酸性温泉に生息する単細胞の紅藻チアニヂウムは、強力なプロトンポンプを働かせる事によりその細胞内pHを中性に保持し、強酸環境下での生育を可能にしている。このポンプを駆動させるためには過剰なATPが必要となるが、それは光化学系I経由のcyclicな光リン酸化反応により供給されていると考えられている。従って、この藻のチラコイド膜を材料に用いると、これまで葉緑体チラコイド膜では検出されてないcyclicな光リン酸化反応に関与する蛋白成分が同定できる可能性が強い。そこで、本研究では、チアニヂウムのチラコイド膜からNAD(P)Hを酸化する蛋白成分を検出し精製するとともに、その成分の性質を明らかにする目的で行い、次の結果を得た。1)チアニヂウムのチラコイド膜をデオキシコール酸(DOC)で可溶化してくる成分をDOC PAGEにかけ、NADPH_2を用いて活性染色すると2本のバンドが検出された。この活性バンドは、チラコイド膜をNaBrで洗浄しても全く影響されなかった。従って、このバンドはFd-NADP reductase(FNR)ではないNADPH酸化成分であると考えられる。2)チラコイド膜のDOC可溶化成分を2回のDEAE Sepharose CL6Bカラムにかける事により精製した。精製した標品のNAD(P)H-ferricyanide oxidoreductase活性を測定した結果、NADPHにのみに特異的に反応しNADHとはほとんど反応しなかった。また、酵素反応速度論的解析から、Km=125μM,Vmax=1000μmol/mg protein/minの値が得られた。3)NADPH酸化活性成分のSDS PAGEから、この成分は約36kDaのみかけの分子量をもつ事が明らかになった。この36kDa蛋白のN末端アミノ酸はブロックされていた。そこで、内部配列を知る目的で、BrCNで処理してからSDS PAGEしたところ、約17と19kDaの2本の分解ペプチドバンドが得られたので、現在それらのアミノ酸配列を決定しつつある。ここで精製されたNADPH酸化成分はcyclicな光リン酸化反応に関与する新奇の蛋白である可能性が強いと考えている。

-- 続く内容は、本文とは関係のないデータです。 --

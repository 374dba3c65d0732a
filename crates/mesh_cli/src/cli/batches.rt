// The lines of a script, one after another.
ghost use Rattle.std.specs.Prelude.{◌≡◌, ◌⊎◌, true, false, IfOk, IfErr, IsErrOf};
ghost use Rattle.mesh_cli_words.specs.declared.line.Line.{Line as Asked};
ghost use Rattle.mesh_cli_values.specs.scripts.Scripts.{lines};
ghost use Rattle.mesh_cli_print.specs.declared.printed.refusals.Refusal.TheVariants as refusal;
ghost use Rattle.mesh_cli.specs.cli.Fit.{IsFit};
ghost use Rattle.mesh_cli.specs.cli.Scripts.{AskedAnswers, IsTextLine, ScriptEnds, StepEnds, TextsEnd, is_batch, may_stand, of_usage, stands_alone};
ghost use Rattle.mesh_cli.specs.cli.Sides.{here, place_or, sides};
ghost use Rattle.mesh_cli.specs.promise.Promise.{ScriptPromise};
ghost use Rattle.mesh_cli_print.specs.printed.Printing.{sinks};

use crate::cli::command::line_answer;
use crate::cli::place::place_of;
use crate::cli::script::lines_of;
use mesh_base_values::Str;
use mesh_cli_print::printed::{Refusal, printed};
use mesh_cli_values::scripts::{is_skipped, line_words};
use mesh_cli_words::{Command, Line, UsageFault, read_words};
use mesh_house::Warehouse;
use mesh_io::{Clock, Folder, Sink};
use mesh_list::Memory;
use mesh_spec_promise::the_empty_world_is_sound;
use std::alloc::Global;
use std::thread::Threads;

/// What a command tells where its words are no command line.
pub(crate) fn of_usage(fault: UsageFault) -> Refusal
    ensures { result ≡ of_usage fault }
{
    match fault {
        UsageFault::Usage => Refusal::Usage,
        UsageFault::Memory => Refusal::Memory,
    }
}

/// Whether a line asks for a script to be run.
pub(crate) fn is_batch(command: &Command) -> bool
    ensures { result ≡ is_batch command.now }
{
    match command {
        Command::Batch => true,
        _ => false,
    }
}

/// Whether no line of a script may ask for this.
fn stands_alone(command: &Command) -> bool
    ensures { result ≡ stands_alone command.now }
{
    match command {
        Command::Batch | Command::Demo { n: _, workers: _ } => true,
        _ => false,
    }
}

/// Whether a script may have this line.
fn may_stand(line: &Line) -> bool
    ensures { result ≡ may_stand line.now }
{
    !stands_alone(&line.command) && line.warehouse.is_none()
}

fn permitted(line: Line) -> Result<Line, Refusal>
    ensures ok { IfOk result (λ it. (it ≡ line) × (may_stand line ≡ true)) }
    ensures usage { IfErr result (λ r. (r ≡ refusal.Usage) × (may_stand line ≡ false)) }
{
    if may_stand(&line) {
        Ok(line)
    } else {
        Err(Refusal::Usage)
    }
}

/// The command line of a script's line, which isn't skipped.
fn line_of(alloc: Global, text: &Str) -> Result<Line, Refusal>
    ensures ok { IfOk result (λ line. IsTextLine text.now line) }
    ensures fit { IfOk result (λ line. IsFit line.command) }
    ensures usage { IsErrOf result refusal.Usage → (line : Asked) → ¬ IsTextLine text.now line }
    ensures known { IfErr result (λ r. (r ≡ refusal.Usage) ⊎ (r ≡ refusal.Memory)) }
{
    match line_words(alloc, text.as_slice()) {
        Err(Memory) => Err(Refusal::Memory),
        Ok(None) => Err(Refusal::Usage),
        Ok(Some(words)) => match read_words(alloc, words.as_slice()) {
            Err(fault) => Err(of_usage(fault)),
            Ok(line) => permitted(line),
        },
    }
}

/// What a script's line answers, which isn't skipped.
fn text_answer<R: Threads + Sync, W: Warehouse, F: Folder, C: Clock>(
    rt: &R,
    alloc: Global,
    dir: &Str,
    text: &Str,
    folder: &mut F,
    house: &mut W,
    clock: &mut C,
) -> Result<Str, Refusal>
    ensures { AskedAnswers (IsTextLine text.now) dir.now (sides (F.told folder.old) (C.told clock.old) (W.told house.old)) (sides (F.told folder.new) (C.told clock.new) (W.told house.new)) result }
{
    match line_of(alloc, text) {
        Err(refusal) => Err(refusal),
        Ok(line) => line_answer(rt, alloc, dir, &line, folder, house, clock),
    }
}

/// One line of a script: its status.
fn step<R: Threads + Sync, W: Warehouse, F: Folder, C: Clock, O: Sink, E: Sink>(
    rt: &R,
    alloc: Global,
    dir: &Str,
    text: &Str,
    folder: &mut F,
    house: &mut W,
    clock: &mut C,
    out: &mut O,
    err: &mut E,
) -> u8
    ensures { StepEnds dir.now text.now (sides (F.told folder.old) (C.told clock.old) (W.told house.old)) (sides (F.told folder.new) (C.told clock.new) (W.told house.new))
        (sinks (O.told out.old) (E.told err.old)) (sinks (O.told out.new) (E.told err.new)) result }
{
    if is_skipped(text.as_slice()) {
        return 0;
    }
    let answer = text_answer(rt, alloc, dir, text, folder, house, clock);
    printed(alloc, answer, out, err)
}

fn steps<R: Threads + Sync, W: Warehouse, F: Folder, C: Clock, O: Sink, E: Sink>(
    rt: &R,
    alloc: Global,
    dir: &Str,
    texts: &[Str],
    folder: &mut F,
    house: &mut W,
    clock: &mut C,
    out: &mut O,
    err: &mut E,
) -> u8
    ensures { TextsEnd dir.now texts.now (sides (F.told folder.old) (C.told clock.old) (W.told house.old)) (sides (F.told folder.new) (C.told clock.new) (W.told house.new))
        (sinks (O.told out.old) (E.told err.old)) (sinks (O.told out.new) (E.told err.new)) result }
{
    for text in texts {
        let status = step(rt, alloc, dir, text, folder, house, clock, out, err);
        if status != 0 {
            return status;
        }
    }
    0
}

fn begun(alloc: Global, script: &[u8], top: &Line) -> Result<(Str, Vec<Str>), Memory>
    ensures dir { IfOk result (λ made. made.0 ≡ place_or top.now.paths here) }
    ensures texts { IfOk result (λ made. made.1.items ≡ lines script.now) }
{
    let dir = place_of(alloc, &top.paths)?;
    let texts = lines_of(alloc, script)?;
    Ok((dir, texts))
}

/// Runs the lines of a script in order, and stops at the first status that isn't 0, which it answers. A line without
/// `--paths` takes the folder of the command that runs the script.
#[tactic(auto, using(crate::proofs::promise::Promising::script_promised))]
pub fn batch<R: Threads + Sync, W: Warehouse, F: Folder, C: Clock, O: Sink, E: Sink>(
    rt: &R,
    alloc: Global,
    script: &[u8],
    top: &Line,
    folder: &mut F,
    house: &mut W,
    clock: &mut C,
    out: &mut O,
    err: &mut E,
) -> u8
    ensures ends { ScriptEnds (place_or top.now.paths here) script.now (sides (F.told folder.old) (C.told clock.old) (W.told house.old)) (sides (F.told folder.new) (C.told clock.new) (W.told house.new))
        (sinks (O.told out.old) (E.told err.old)) (sinks (O.told out.new) (E.told err.new)) result }
    ensures promise { ScriptPromise (place_or top.now.paths here) script.now (sides (F.told folder.old) (C.told clock.old) (W.told house.old)) (sides (F.told folder.new) (C.told clock.new) (W.told house.new))
        (sinks (O.told out.old) (E.told err.old)) (sinks (O.told out.new) (E.told err.new)) result }
{
    the_empty_world_is_sound();
    match begun(alloc, script, top) {
        Err(Memory) => printed(alloc, Err(Refusal::Memory), out, err),
        Ok((dir, texts)) => steps(
            rt,
            alloc,
            &dir,
            texts.as_slice(),
            folder,
            house,
            clock,
            out,
            err,
        ),
    }
}
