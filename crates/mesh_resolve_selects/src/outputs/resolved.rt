// The items of the resolved SELECT.
ghost use Rattle.std.specs.Prelude.{◌≡◌, map, IfOk};
ghost use Rattle.mesh_resolve_selects.specs.outputs.Outputs.{resolved_item};

use crate::outputs::outputs::Output;
use mesh_base::Item;
use mesh_base_values::ColType;
use mesh_list::{Memory, Seq};
use mesh_resolve_types::Typed;
use std::alloc::Global;

fn resolved_item(o: Output) -> Item
    ensures { result ≡ resolved_item o }
{
    let Output { name, typed, .. } = o;
    let Typed { kind, expr, .. } = typed;
    Item {
        name,
        kind: kind.unwrap_or(ColType::Text),
        expr: expr.into_inner(),
    }
}

/// The items of the resolved SELECT.
pub fn resolved_items(alloc: Global, outputs: Seq<Output>) -> Result<Seq<Item>, Memory>
    ensures { IfOk result (λ made. made ≡ map resolved_item outputs) }
{
    let mut made = Seq::new(alloc);
    for o in outputs.into_vec() {
        made.push(resolved_item(o))?;
    }
    Ok(made)
}
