//! Command lines: which command a list of words asks for. Its contract: `read_words` answers a line exactly where the
//! words are such words, and what they ask for. `host_words` has the words that the host gives, and `warehouse_file`
//! the file that they name; no clause says so.
#![tactic(auto)]

mod apps;
mod commands;
mod given;
mod host;
mod line;
mod read;

pub use host::{host_words, warehouse_file};
pub use line::{Command, Line, UsageFault};
pub use read::read_words;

Acidic hot springs are the breath-bearing red algae and strong algae. It is possible to maintain a neutral intracellular pH, and it is possible to reproduce in a strong acidic environment. Department of Photochemistry, Department of Photochemistry I経 is supplied by のcyclic な光リン acidified reaction により to されていると卡えられている.従って、この草のチラコイド片を material ににと、これまでchloroplast チラコイド film では検出The acidification reaction of されてなcyclic なリン is closely related to the protein composition of する, so the possibility is very high.そこで, this study では, チアニヂウムのチラコイド film からNAD(P)H acidified する protein compositionを検出しRefined するとともに, その ingredient の 明を ら か に す る purpose で 行 い, の results を GET た. 1) Ingredients of チアニヂウムのチラコイド Film をデオキシコールAcid (DOC) Soluble してくるDOC PAGEにかけ, NADPH_2をactivated dyeing withいてすると2本のバンドが検出された.このActive バンドは, チラコイド film をNaBr でcleanse しても全くeffect されなかった.従って、このバンドはFd-NADP reductase(FNR)ではないNADPH acidifying ingredient であると卡えられる. 2) チラコイド film のDOC solubilized ingredient を 2 times のDEAE Sepharose CL6B カラムにかける事により Refined した. The results of the purified standard product's NAD(P)H-ferricyanide oxidoreductase activity measurement, NADPH's specific reaction and NADH's reaction. Analysis of enzyme reaction rate theory, Km=125μM, Vmax=1000μmol/mg protein/min. 3) The active ingredient of NADPH acidification is SDS PAGE. The ingredient is about 36kDa and has a molecular weight of about 36kDa. The N-terminal amino acid of この36kDa protein is はブロックされていた.そこで、Internal arrangement をKnowing the purpose で、BrCN processing してからSDS PAGEしたところ、About 17と19kDaの2本のanalyzed ペプチドバンドが得られたので、Now それらのアミノacid sequence をdetermination しつつある.ここでRefined されたNADPH acidification ingredient はcyclicな光リン acidification reaction and するNovel のprotein である possibility がstrong いとtest えている.

项目成果

Taro Miura: "Identification of Domains on the Extrinsic 33kDa Protein Possibly Involved in Electrostratic Interaction coith PSII Complex by Means of Chemical Modification" The Journal of Biological Chemistry. 272・6. 3788-3798 (1997)

Taro Miura：“通过化学修饰鉴定可能参与电层相互作用 coith PSII 复合物的外在 33kDa 蛋白质的结构域”《生物化学杂志》272・6 (1997)。